*** Records Section Begins ***
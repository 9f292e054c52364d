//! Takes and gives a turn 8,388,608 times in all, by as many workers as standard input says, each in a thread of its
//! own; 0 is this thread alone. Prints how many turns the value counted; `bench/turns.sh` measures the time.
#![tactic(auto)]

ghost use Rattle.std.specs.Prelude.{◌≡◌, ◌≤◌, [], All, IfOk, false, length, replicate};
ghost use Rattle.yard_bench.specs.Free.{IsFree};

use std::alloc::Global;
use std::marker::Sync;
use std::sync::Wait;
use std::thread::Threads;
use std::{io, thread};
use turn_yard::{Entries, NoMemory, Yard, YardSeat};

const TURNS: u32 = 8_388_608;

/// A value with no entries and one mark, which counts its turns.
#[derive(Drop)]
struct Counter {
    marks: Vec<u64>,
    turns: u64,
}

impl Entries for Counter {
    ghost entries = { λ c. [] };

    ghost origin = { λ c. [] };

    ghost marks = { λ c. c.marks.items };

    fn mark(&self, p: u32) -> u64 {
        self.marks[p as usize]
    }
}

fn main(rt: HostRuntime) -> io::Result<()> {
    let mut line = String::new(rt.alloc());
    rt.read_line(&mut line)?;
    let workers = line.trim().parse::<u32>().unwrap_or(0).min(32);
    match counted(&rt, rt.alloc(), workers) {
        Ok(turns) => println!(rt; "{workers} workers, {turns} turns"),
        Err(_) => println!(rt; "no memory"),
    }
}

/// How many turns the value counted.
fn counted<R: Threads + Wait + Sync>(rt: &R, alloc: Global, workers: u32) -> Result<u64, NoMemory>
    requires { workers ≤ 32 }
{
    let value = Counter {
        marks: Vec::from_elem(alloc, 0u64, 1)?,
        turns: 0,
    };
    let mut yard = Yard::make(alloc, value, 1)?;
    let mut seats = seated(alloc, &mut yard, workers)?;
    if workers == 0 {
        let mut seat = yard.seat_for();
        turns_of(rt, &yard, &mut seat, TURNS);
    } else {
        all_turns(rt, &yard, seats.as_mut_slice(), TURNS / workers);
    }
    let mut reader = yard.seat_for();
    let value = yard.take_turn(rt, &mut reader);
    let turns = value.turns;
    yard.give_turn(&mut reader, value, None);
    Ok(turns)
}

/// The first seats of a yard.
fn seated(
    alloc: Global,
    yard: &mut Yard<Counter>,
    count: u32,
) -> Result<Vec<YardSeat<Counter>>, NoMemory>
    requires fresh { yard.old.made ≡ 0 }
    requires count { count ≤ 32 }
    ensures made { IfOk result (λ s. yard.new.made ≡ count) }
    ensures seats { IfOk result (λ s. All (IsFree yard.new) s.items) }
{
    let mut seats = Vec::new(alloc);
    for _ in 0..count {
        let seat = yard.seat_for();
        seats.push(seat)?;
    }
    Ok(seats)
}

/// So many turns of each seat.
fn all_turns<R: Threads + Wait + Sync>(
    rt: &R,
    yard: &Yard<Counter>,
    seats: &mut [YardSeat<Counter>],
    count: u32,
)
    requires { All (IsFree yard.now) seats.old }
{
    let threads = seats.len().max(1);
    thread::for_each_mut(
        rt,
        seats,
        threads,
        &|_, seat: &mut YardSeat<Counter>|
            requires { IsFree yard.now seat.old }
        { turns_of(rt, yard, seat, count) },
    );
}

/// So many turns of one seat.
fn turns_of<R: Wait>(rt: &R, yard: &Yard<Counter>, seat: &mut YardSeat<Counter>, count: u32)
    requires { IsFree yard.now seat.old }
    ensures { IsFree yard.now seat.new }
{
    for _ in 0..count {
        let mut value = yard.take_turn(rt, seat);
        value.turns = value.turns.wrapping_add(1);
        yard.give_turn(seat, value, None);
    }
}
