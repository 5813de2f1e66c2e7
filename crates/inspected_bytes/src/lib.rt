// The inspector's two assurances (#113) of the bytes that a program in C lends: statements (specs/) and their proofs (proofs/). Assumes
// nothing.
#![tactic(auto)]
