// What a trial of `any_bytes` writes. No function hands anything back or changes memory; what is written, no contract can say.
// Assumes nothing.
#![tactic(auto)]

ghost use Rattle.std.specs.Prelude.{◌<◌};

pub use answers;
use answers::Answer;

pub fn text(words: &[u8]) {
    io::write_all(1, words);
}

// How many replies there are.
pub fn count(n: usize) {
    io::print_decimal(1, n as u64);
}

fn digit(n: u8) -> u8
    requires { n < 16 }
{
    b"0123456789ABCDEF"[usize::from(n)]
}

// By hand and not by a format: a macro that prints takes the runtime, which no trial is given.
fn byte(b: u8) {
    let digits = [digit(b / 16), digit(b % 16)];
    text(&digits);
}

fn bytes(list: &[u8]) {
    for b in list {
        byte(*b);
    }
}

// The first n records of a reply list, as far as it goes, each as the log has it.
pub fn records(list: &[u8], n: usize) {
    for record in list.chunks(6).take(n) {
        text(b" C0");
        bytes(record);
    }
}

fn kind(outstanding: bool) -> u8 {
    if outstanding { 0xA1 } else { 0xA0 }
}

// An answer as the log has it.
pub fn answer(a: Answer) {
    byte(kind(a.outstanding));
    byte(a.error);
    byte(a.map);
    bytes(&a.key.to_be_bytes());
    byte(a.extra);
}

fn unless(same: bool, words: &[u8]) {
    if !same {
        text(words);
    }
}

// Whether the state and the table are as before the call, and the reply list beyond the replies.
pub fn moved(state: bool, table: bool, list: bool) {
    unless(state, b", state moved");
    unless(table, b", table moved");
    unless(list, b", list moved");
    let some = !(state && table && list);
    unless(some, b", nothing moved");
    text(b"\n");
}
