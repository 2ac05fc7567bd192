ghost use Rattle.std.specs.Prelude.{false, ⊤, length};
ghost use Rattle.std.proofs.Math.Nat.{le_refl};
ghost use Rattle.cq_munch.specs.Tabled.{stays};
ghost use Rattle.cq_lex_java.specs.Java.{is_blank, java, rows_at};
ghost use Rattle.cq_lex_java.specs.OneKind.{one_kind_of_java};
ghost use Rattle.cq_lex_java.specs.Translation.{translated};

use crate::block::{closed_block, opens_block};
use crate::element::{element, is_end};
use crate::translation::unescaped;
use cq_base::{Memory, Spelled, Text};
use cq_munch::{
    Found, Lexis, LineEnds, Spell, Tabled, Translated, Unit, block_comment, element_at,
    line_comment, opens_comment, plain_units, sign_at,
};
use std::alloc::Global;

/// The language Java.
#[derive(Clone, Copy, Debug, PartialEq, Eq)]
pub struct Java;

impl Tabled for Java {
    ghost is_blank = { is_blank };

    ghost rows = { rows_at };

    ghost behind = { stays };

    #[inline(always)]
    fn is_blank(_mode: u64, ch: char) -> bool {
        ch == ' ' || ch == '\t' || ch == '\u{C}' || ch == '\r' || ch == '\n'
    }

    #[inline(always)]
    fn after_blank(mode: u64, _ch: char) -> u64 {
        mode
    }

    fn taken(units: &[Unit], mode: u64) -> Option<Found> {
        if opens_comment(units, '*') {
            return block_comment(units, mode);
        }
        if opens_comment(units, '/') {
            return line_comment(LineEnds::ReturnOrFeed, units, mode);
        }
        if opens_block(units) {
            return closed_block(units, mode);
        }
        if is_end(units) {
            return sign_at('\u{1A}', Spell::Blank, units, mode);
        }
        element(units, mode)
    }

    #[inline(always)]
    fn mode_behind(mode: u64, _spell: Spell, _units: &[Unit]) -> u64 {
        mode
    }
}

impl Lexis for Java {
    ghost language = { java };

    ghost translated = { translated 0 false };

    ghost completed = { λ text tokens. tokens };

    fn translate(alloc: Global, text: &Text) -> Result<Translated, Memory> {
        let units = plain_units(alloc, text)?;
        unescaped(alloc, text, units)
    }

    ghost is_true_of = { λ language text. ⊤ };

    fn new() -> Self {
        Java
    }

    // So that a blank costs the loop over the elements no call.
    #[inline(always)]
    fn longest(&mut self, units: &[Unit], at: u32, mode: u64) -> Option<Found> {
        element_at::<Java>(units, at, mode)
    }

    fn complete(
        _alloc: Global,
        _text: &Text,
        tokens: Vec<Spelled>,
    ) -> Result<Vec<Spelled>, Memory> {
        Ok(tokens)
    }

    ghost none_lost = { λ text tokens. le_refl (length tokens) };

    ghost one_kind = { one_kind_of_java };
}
*** Records Section Ends ***
Problem to work on =
Type out again, exactly as written, the lines from the beginning of the material through the one containing "use std::thread::Threads;".

Your solution =
repository 9f292e054c52364d
//! Takes and gives a turn 8,388,608 times in all, by as many workers as standard input says, each in a thread of its
//! own; 0 is this thread alone. Prints how many turns the value counted; `bench/turns.sh` measures the time.
#![tactic(auto)]

ghost use Rattle.std.specs.Prelude.{◌≡◌, ◌≤◌, [], All, IfOk, false, length, replicate};
ghost use Rattle.yard_bench.specs.Free.{IsFree};

use std::alloc::Global;
use std::marker::Sync;
use std::sync::Wait;
use std::thread::Threads;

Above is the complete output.